» INFORMATION
*** Block opens ***
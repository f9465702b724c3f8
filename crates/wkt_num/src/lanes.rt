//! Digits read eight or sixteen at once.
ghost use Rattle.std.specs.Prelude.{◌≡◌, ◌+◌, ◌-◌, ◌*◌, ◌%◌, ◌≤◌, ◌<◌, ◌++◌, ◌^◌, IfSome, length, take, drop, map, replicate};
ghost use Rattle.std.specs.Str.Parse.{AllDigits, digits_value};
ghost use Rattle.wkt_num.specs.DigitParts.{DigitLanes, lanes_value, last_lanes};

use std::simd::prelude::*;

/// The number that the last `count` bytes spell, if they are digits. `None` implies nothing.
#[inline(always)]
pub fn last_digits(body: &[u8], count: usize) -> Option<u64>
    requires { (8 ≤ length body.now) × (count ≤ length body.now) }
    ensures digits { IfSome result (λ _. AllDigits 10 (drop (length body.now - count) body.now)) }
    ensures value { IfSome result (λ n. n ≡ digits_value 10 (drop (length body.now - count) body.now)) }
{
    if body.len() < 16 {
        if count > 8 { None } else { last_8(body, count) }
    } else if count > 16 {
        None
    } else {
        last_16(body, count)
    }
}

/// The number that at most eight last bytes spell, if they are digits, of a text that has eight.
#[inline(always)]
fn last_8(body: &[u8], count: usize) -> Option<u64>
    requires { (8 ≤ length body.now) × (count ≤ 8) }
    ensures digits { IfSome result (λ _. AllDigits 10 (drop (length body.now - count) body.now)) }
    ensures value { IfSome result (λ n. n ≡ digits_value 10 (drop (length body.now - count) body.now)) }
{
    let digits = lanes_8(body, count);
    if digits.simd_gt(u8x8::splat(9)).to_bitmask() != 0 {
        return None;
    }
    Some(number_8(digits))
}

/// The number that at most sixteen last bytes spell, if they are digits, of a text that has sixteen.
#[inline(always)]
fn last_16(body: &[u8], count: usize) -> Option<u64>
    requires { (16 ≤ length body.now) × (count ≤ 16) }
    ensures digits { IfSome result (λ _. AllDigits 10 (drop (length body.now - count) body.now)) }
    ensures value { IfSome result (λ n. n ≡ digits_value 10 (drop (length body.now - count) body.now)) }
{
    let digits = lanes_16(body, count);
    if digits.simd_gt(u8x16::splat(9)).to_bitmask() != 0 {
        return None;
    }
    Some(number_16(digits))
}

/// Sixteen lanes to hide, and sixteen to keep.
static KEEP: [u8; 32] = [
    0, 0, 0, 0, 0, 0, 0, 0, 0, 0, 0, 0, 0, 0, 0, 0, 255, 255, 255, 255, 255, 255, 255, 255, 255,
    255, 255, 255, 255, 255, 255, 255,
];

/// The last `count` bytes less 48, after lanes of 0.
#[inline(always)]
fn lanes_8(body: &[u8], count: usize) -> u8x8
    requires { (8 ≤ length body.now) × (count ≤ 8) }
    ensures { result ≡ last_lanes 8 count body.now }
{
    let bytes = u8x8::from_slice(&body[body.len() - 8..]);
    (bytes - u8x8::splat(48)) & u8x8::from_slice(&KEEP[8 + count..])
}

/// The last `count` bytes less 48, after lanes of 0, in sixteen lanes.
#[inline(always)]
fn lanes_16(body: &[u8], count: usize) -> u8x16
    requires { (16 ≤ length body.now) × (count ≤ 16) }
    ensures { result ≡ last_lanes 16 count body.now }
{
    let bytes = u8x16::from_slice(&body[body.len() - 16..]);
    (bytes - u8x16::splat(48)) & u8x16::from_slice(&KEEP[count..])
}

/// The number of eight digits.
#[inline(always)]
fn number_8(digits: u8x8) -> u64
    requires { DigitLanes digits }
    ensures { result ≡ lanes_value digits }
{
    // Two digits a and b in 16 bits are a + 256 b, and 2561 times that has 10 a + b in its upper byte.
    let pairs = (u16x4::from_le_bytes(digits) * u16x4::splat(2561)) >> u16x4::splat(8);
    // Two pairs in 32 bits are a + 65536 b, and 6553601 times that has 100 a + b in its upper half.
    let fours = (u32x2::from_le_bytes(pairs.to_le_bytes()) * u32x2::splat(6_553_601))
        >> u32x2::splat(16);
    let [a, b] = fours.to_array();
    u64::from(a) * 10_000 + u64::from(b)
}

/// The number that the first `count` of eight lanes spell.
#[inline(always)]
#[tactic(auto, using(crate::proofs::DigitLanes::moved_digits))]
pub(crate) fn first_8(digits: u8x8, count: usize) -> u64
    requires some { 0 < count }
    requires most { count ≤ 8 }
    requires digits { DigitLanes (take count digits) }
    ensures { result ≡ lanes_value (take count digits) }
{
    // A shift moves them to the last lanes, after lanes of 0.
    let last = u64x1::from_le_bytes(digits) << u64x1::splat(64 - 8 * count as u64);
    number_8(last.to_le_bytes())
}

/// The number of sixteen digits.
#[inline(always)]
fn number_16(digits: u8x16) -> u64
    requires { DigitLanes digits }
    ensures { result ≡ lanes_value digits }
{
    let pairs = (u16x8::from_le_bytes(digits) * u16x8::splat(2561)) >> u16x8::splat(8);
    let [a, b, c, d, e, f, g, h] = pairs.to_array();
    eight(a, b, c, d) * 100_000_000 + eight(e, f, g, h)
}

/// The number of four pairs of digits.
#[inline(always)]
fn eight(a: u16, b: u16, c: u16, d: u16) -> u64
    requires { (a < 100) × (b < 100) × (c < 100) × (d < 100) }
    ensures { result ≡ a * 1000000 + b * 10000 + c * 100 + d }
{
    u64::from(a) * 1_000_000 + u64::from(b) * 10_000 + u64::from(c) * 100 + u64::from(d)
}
*** Block closes ***
» TASK DETAILS
Your task is to find each line in the entries that contains the string "DigitLanes" and copy it.

» TASK RESULT
ghost use Rattle.wkt_num.specs.DigitParts.{DigitLanes, lanes_value, last_lanes};
    requires { DigitLanes digits }
#[tactic(auto, using(crate::proofs::DigitLanes::moved_digits))]
    requires digits { DigitLanes (take count digits) }
    requires { DigitLanes digits }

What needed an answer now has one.